[Problem to solve] Work out how many lines below contain the word "ghost". Only the number is wanted.

[Collected data]
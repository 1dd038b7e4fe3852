//! The text of an explanation as it is written, line by line. Callers write the messages' words, and pass them as formats
//! (`format_args!(..)`) or as plain texts.

ghost use Rattle.std.specs.Prelude.{◌≡◌, ◌++◌, [], ◌∷◌, codes, false, true, string_bytes, IfOk, IsErr};
ghost use Rattle.std.specs.Char.{encode_utf8};
ghost use Rattle.std.specs.Fmt.{decimal};

use crate::parts::{Part, PartKind};
use crate::shown::{ELLIPSIS, MOST_COLUMNS, Visible};
use crate::spots::{Span, Spot};
use std::alloc::{AllocError, Global};
use std::fmt::{Display, Write};

/// How many columns are shown before the part with carets, if the line is too long to be shown whole.
const COLUMNS_BEFORE: usize = 40;

/// The blanks before a line of the script that a message shows.
const INDENT: &str = "    ";

/// The part of a file's explanation that is written so far. If memory runs out, the rest of the explanation is left out and `is_cut` is
/// true.
#[derive(Drop)]
pub struct Page<'f> {
    file: &'f str,
    text: String,
    parts: Vec<Part>,
    is_cut: bool,
}

impl<'f> Page<'f> {
    /// An empty page about a file with this name.
    pub fn new(alloc: Global, file: &'f str) -> Page<'f>
        ensures whole { result.is_cut ≡ false }
    {
        Page {
            file,
            text: String::new(alloc),
            parts: Vec::new(alloc),
            is_cut: false,
        }
    }

    /// Returns the text that was written. The only error is that memory ran out.
    pub fn whole_text(self) -> Result<String, AllocError>
        ensures whole { IfOk result (λ text. text ≡ self.entry.text) }
        ensures cut { self.entry.is_cut ≡ true → IsErr result }
    {
        if self.is_cut {
            Err(AllocError)
        } else {
            Ok(self.text)
        }
    }

    /// Returns the text that was written, and its parts. The only error is that memory ran out.
    pub fn whole_parts(self) -> Result<(String, Vec<Part>), AllocError> {
        if self.is_cut {
            return Err(AllocError);
        }
        Ok((self.text, self.parts))
    }

    /// Returns how many parts were begun.
    pub fn part_count(&self) -> usize {
        self.parts.len()
    }

    /// Returns the number of the script's line that the part with this index is about; 0 if the part is about no line. Returns `None` if
    /// there is no such part.
    pub fn line_of_part(&self, index: usize) -> Option<usize> {
        match self.parts.get(index) {
            Some(part) => Some(part.line),
            None => None,
        }
    }

    /// Begins a part; the caller writes its words next. `line` is the number of the script's line that the part is about, or 0 if the part
    /// is about no line.
    fn begin_part(&mut self, kind: PartKind, line: usize)
        ensures before { self.new.is_cut ≡ false → self.old.is_cut ≡ false }
        ensures text { self.new.is_cut ≡ false → string_bytes self.new.text
            ≡ string_bytes self.old.text }
        ensures file { self.new.file ≡ self.old.file }
    {
        if !self.is_cut {
            let part = Part {
                kind,
                line,
                span: None,
                from: self.text.len(),
            };
            self.is_cut = self.parts.push(part).is_err();
        }
    }

    fn add_text(&mut self, text: &str)
        ensures before { self.new.is_cut ≡ false → self.old.is_cut ≡ false }
        ensures text { self.new.is_cut ≡ false → string_bytes self.new.text
            ≡ string_bytes self.old.text ++ text.now }
        ensures file { self.new.file ≡ self.old.file }
    {
        if !self.is_cut {
            self.is_cut = self.text.push_str(text).is_err();
        }
    }

    fn add_char(&mut self, char: char)
        ensures before { self.new.is_cut ≡ false → self.old.is_cut ≡ false }
        ensures text { self.new.is_cut ≡ false → string_bytes self.new.text
            ≡ string_bytes self.old.text ++ encode_utf8 char }
        ensures file { self.new.file ≡ self.old.file }
    {
        if !self.is_cut {
            self.is_cut = self.text.push(char).is_err();
        }
    }

    fn add_repeated(&mut self, char: char, count: usize) {
        for _ in 0..count {
            self.add_char(char);
        }
    }

    fn add_bytes(&mut self, bytes: &[u8]) {
        self.write(Visible(bytes));
    }

    fn add_number(&mut self, number: usize)
        ensures before { self.new.is_cut ≡ false → self.old.is_cut ≡ false }
        ensures text { self.new.is_cut ≡ false → string_bytes self.new.text
            ≡ string_bytes self.old.text ++ decimal number }
        ensures file { self.new.file ≡ self.old.file }
    {
        if !self.is_cut {
            self.is_cut = write!(self.text, "{number}").is_err();
        }
    }

    /// Writes a line of the script from column `from` on, at most `MOST_COLUMNS` columns of it; an ellipsis stands for what is cut off at the
    /// end. If `from` isn't 0, an ellipsis replaces the first columns that would be shown, so that all other columns stay in place.
    fn add_line(&mut self, line: &[u8], from: usize) {
        let (_, rest) = line.split_at_checked(from).unwrap_or((line, line));
        let (part, after) = rest.split_at_checked(MOST_COLUMNS).unwrap_or((rest, &[]));
        match part.split_at_checked(ELLIPSIS.len()) {
            Some((_, part)) if from > 0 => {
                self.add_text(ELLIPSIS);
                self.add_bytes(part);
            }
            _ => self.add_bytes(part),
        }
        if !after.is_empty() {
            self.add_text(ELLIPSIS);
        }
    }

    /// Writes a text, and doesn't end the line.
    pub fn write_text(&mut self, part: &str)
        ensures before { self.new.is_cut ≡ false → self.old.is_cut ≡ false }
        ensures text { self.new.is_cut ≡ false → string_bytes self.new.text
            ≡ string_bytes self.old.text ++ part.now }
        ensures file { self.new.file ≡ self.old.file }
    {
        self.add_text(part);
    }

    /// Writes a message, and doesn't end the line.
    pub fn write<D: Display + Drop>(&mut self, message: D) {
        if !self.is_cut {
            self.is_cut = write!(self.text, "{message}").is_err();
        }
    }

    /// Ends a line.
    pub fn end_line(&mut self)
        ensures before { self.new.is_cut ≡ false → self.old.is_cut ≡ false }
        ensures text { self.new.is_cut ≡ false → string_bytes self.new.text
            ≡ string_bytes self.old.text ++ 10 ∷ [] }
        ensures file { self.new.file ≡ self.old.file }
    {
        self.add_char('\n');
    }

    /// Begins a message about the whole file.
    pub fn begin_file_message(&mut self)
        ensures before { self.new.is_cut ≡ false → self.old.is_cut ≡ false }
        ensures text { self.new.is_cut ≡ false → string_bytes self.new.text
            ≡ (string_bytes self.old.text ++ self.old.file.now) ++ codes ": " }
        ensures file { self.new.file ≡ self.old.file }
    {
        self.write_text(self.file);
        self.add_text(": ");
        self.begin_part(PartKind::OfFile, 0);
    }

    /// Begins a message about the line of the file with this number.
    pub fn begin_message(&mut self, number: usize)
        ensures before { self.new.is_cut ≡ false → self.old.is_cut ≡ false }
        ensures text { self.new.is_cut ≡ false → string_bytes self.new.text
            ≡ (((string_bytes self.old.text ++ self.old.file.now) ++ codes ":")
            ++ decimal number) ++ codes ": " }
        ensures file { self.new.file ≡ self.old.file }
    {
        self.add_text(self.file);
        self.add_text(":");
        self.add_number(number);
        self.add_text(": ");
        self.begin_part(PartKind::OfLine, number);
    }

    /// Begins a line that says what to do.
    pub fn begin_help(&mut self)
        ensures before { self.new.is_cut ≡ false → self.old.is_cut ≡ false }
        ensures text { self.new.is_cut ≡ false → string_bytes self.new.text
            ≡ string_bytes self.old.text ++ codes "help: " }
        ensures file { self.new.file ≡ self.old.file }
    {
        self.add_text("help: ");
        self.begin_part(PartKind::Help, 0);
    }

    /// Begins a line that says what else there is to know.
    pub fn begin_note(&mut self)
        ensures before { self.new.is_cut ≡ false → self.old.is_cut ≡ false }
        ensures text { self.new.is_cut ≡ false → string_bytes self.new.text
            ≡ string_bytes self.old.text ++ codes "note: " }
        ensures file { self.new.file ≡ self.old.file }
    {
        self.add_text("note: ");
        self.begin_part(PartKind::Note, 0);
    }

    /// Writes a message about the whole file, given as one text.
    pub fn write_file_text(&mut self, message: &str)
        ensures before { self.new.is_cut ≡ false → self.old.is_cut ≡ false }
        ensures text { self.new.is_cut ≡ false → string_bytes self.new.text
            ≡ (((string_bytes self.old.text ++ self.old.file.now) ++ codes ": ")
            ++ message.now) ++ 10 ∷ [] }
        ensures file { self.new.file ≡ self.old.file }
    {
        self.begin_file_message();
        self.add_text(message);
        self.end_line();
    }

    /// Writes a message about the whole file.
    pub fn write_file_message<D: Display + Drop>(&mut self, message: D) {
        self.begin_file_message();
        self.write(message);
        self.end_line();
    }

    /// Writes a message about the line of the file with this number, without showing the line.
    pub fn write_message(&mut self, number: usize, text: &str)
        ensures before { self.new.is_cut ≡ false → self.old.is_cut ≡ false }
        ensures text { self.new.is_cut ≡ false → string_bytes self.new.text
            ≡ (((((string_bytes self.old.text ++ self.old.file.now) ++ codes ":")
            ++ decimal number) ++ codes ": ") ++ text.now) ++ 10 ∷ [] }
        ensures file { self.new.file ≡ self.old.file }
    {
        self.begin_message(number);
        self.add_text(text);
        self.end_line();
    }

    /// Writes a message about a part of the script, and shows that part's line, with carets under the part.
    pub fn mark<D: Display + Drop>(&mut self, spot: Spot, message: D) {
        self.begin_message(spot.number);
        self.write(message);
        self.end_line();
        self.show(spot);
    }

    /// Shows a line of the script, with carets under a part of it. A message must come before: `begin_message` began it and `end_line`
    /// ended it.
    pub fn show(&mut self, spot: Spot) {
        let from = if spot.text.len() <= MOST_COLUMNS {
            0
        } else {
            spot.span.column.saturating_sub(COLUMNS_BEFORE)
        };
        self.add_text(INDENT);
        self.add_line(spot.text, from);
        self.end_line();
        self.add_carets(spot.span, from);
        if let Some(part) = self.parts.last_mut() {
            part.span = Some(spot.span);
        }
    }

    /// Writes a line of carets under a part of the script's line above. The line above is shown from the column `from` on.
    fn add_carets(&mut self, span: Span, from: usize) {
        let column = span.column.saturating_sub(from);
        self.add_text(INDENT);
        self.add_repeated(' ', column.min(MOST_COLUMNS));
        self.add_repeated('^', span.length.clamp(1, MOST_COLUMNS - COLUMNS_BEFORE));
        self.end_line();
    }

    /// Begins a row of a table, below a message.
    pub fn begin_row(&mut self)
        ensures before { self.new.is_cut ≡ false → self.old.is_cut ≡ false }
        ensures text { self.new.is_cut ≡ false → string_bytes self.new.text
            ≡ string_bytes self.old.text ++ codes "    " }
        ensures file { self.new.file ≡ self.old.file }
    {
        self.write_text(INDENT);
        self.begin_part(PartKind::Row, 0);
    }

    /// Writes a row of a table, below a message.
    pub fn write_row<D: Display + Drop>(&mut self, message: D) {
        self.begin_row();
        self.write(message);
        self.end_line();
    }

    /// Writes what to do.
    pub fn write_help<D: Display + Drop>(&mut self, advice: D) {
        self.begin_help();
        self.write(advice);
        self.end_line();
    }

    /// Writes what to do, given as one text.
    pub fn write_help_text(&mut self, advice: &str)
        ensures before { self.new.is_cut ≡ false → self.old.is_cut ≡ false }
        ensures text { self.new.is_cut ≡ false → string_bytes self.new.text
            ≡ ((string_bytes self.old.text ++ codes "help: ") ++ advice.now)
            ++ 10 ∷ [] }
        ensures file { self.new.file ≡ self.old.file }
    {
        self.begin_help();
        self.add_text(advice);
        self.end_line();
    }

    /// Writes what else there is to know, given as one text.
    pub fn write_note_text(&mut self, text: &str)
        ensures before { self.new.is_cut ≡ false → self.old.is_cut ≡ false }
        ensures text { self.new.is_cut ≡ false → string_bytes self.new.text
            ≡ ((string_bytes self.old.text ++ codes "note: ") ++ text.now)
            ++ 10 ∷ [] }
        ensures file { self.new.file ≡ self.old.file }
    {
        self.begin_note();
        self.add_text(text);
        self.end_line();
    }
}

[Task result] 3